0. Bottom Line First (Investment Thesis)

• Engine 1 (Science) — BIO-101 (TCTP/MDSC): A first-in-class IO asset rooted directly in Taniguchi's Nature Immunology research. By neutralizing TCTP it blocks MDSC recruitment — a route to overcome CPI non-response.
• Engine 2 (Commercial) — BIO-104 (Wnt/ADC): Tackles the notoriously "undruggable" Wnt/β-catenin pathway via an ADC modality — the commercial vanguard into the market Big Pharma is most aggressively betting on.
• Macro: Pfizer–Seagen $43B and Merck–Daiichi Sankyo $22B deals confirm ADC's promotion to oncology's mainstream. 2026 ADC market: ~₩17T ($15.4B).
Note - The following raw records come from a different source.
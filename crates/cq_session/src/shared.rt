ghost use Rattle.std.specs.Prelude.{◌≡◌, ℕ, List, false, None, Some};
ghost use Rattle.cq_planning.specs.Refusals.{refusal_of as refusal_by_rule};
ghost use Rattle.cq_groups.specs.Served.{Names, IsKept};
ghost use Rattle.cq_cluster.specs.Accounts.{tells_retired};
ghost use Rattle.cq_coordinator.specs.Coordination.{IsNoCopy};
ghost use Rattle.cq_session.specs.Responses.{IsReadAs, ReadsAs};
ghost use Rattle.cq_session.specs.Shared.{CanRun, CanAnswer, CanServe, IsAnsweredOver, bound_of};

use crate::copying::Reading;
use crate::texts::{Response, tagged};
use cq_answer::{Answer, Fault, Settings};
use cq_catalog::Catalog;
use cq_groups::{answer_query, answer_write};
use cq_reach::Groups;
use cq_refusals::refusal_of;
use cq_tree::{Statement, Who};
use std::alloc::Global;
use std::hash::RandomState;

/// What the statements of a block find and leave as it is: the catalogue, how many nodes the run uses, the settings, and the secret of hashed maps.
#[derive(Drop)]
pub struct Scene<'a> {
    pub catalog: &'a Catalog,
    pub nodes: u32,
    pub settings: Settings,
    pub hash: RandomState,
}

/// The answer of a query or a write that planning supports.
fn answer_supported<V: Groups>(
    alloc: Global,
    scene: &Scene<'_>,
    groups: &mut V,
    who: Who,
    statement: &Statement,
) -> Answer
    requires runs { CanRun scene.now.catalog.now statement.now }
    requires ready { V.ready groups.old who.session }
    requires serve { CanServe scene.now.catalog.now scene.now.nodes who (V.outlook groups.old who) }
    requires supported { refusal_by_rule scene.now.settings.repartition scene.now.catalog.now statement.now ≡ None }
    ensures answered { IsAnsweredOver scene.now.catalog.now scene.now.nodes scene.now.settings who (V.outlook groups.old who) (V.outlook groups.new who) (Some statement.now) result }
    ensures tag { IsNoCopy result }
    ensures retires { tells_retired result ≡ false }
    ensures kept { IsKept V.ready V.outlook V.goes_on V.failed who (Names result) groups.old groups.new }
{
    match statement {
        Statement::Select(query) => answer_query(
            alloc,
            scene.hash,
            scene.catalog,
            scene.nodes,
            groups,
            who,
            query.get(),
        ),
        Statement::Write(op) => { answer_write(alloc, scene.catalog, scene.nodes, groups, who, op) }
        _ => unreachable!(),
    }
}

/// The answer of a query or a write.
fn answer_over<V: Groups>(
    alloc: Global,
    scene: &Scene<'_>,
    groups: &mut V,
    who: Who,
    statement: &Statement,
) -> Answer
    requires runs { CanRun scene.now.catalog.now statement.now }
    requires ready { V.ready groups.old who.session }
    requires serve { CanServe scene.now.catalog.now scene.now.nodes who (V.outlook groups.old who) }
    ensures answered { IsAnsweredOver scene.now.catalog.now scene.now.nodes scene.now.settings who (V.outlook groups.old who) (V.outlook groups.new who) (Some statement.now) result }
    ensures tag { IsNoCopy result }
    ensures retires { tells_retired result ≡ false }
    ensures kept { IsKept V.ready V.outlook V.goes_on V.failed who (Names result) groups.old groups.new }
{
    let repartition = scene.settings.repartition;
    let Ok(refusal) = refusal_of(alloc, statement, scene.catalog, repartition) else {
        return Answer::Failed(Fault::Memory);
    };
    if let Some(why) = refusal {
        return Answer::Failed(Fault::Unsupported(why));
    }
    answer_supported(alloc, scene, groups, who, statement)
}

/// Answers a query or a write, as it was read, over shard groups held alone or shared with other sessions.
///
/// Conditions: however the statement may find the groups, they are those of the catalogue, and their journals are legal; it may make each legal entry; and
/// what others enter meanwhile is of sessions beside its own. The answer is what `IsAnsweredIn` says in each phase in which such entries may come.
pub fn respond_over<V: Groups>(
    alloc: Global,
    scene: &Scene<'_>,
    groups: &mut V,
    who: Who,
    read: Result<Reading, Fault>,
) -> Response
    requires can { CanAnswer scene.now.catalog.now read }
    requires ready { V.ready groups.old who.session }
    requires serve { CanServe scene.now.catalog.now scene.now.nodes who (V.outlook groups.old who) }
    ensures answered { IsAnsweredOver scene.now.catalog.now scene.now.nodes scene.now.settings who (V.outlook groups.old who) (V.outlook groups.new who) result.bound result.answer }
    ensures bound { result.bound ≡ bound_of read }
    ensures reads { (text bytes : List ℕ) → IsReadAs who.session text bytes scene.now.catalog.now.tables read → ReadsAs who.session result.bound result.answer text bytes scene.now.catalog.now.tables }
    ensures retires { tells_retired result.answer ≡ false }
    ensures kept { IsKept V.ready V.outlook V.goes_on V.failed who (Names result.answer) groups.old groups.new }
{
    match read {
        Ok(reading) => {
            let answer = answer_over(alloc, scene, groups, who, &reading.statement);
            Response {
                bound: Some(reading.statement),
                answer: tagged(reading.is_copy, answer),
            }
        }
        Err(fault) => Response {
            bound: None,
            answer: Answer::Failed(fault),
        },
    }
}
• Policy: Korea's 3rd Five-Year Pharma/Bio Plan + K-Bio Lab Hub are positive for early-stage R&D biotech. Boostimmune's BIO-101 has been selected for a KDDF national R&D program, partially de-risking burn.

Synthesis: BIO-101 supports the valuation floor with a scientific moat, while BIO-104 (ADC) opens dramatic upside via licensing-out (L/O) into the global M&A wave.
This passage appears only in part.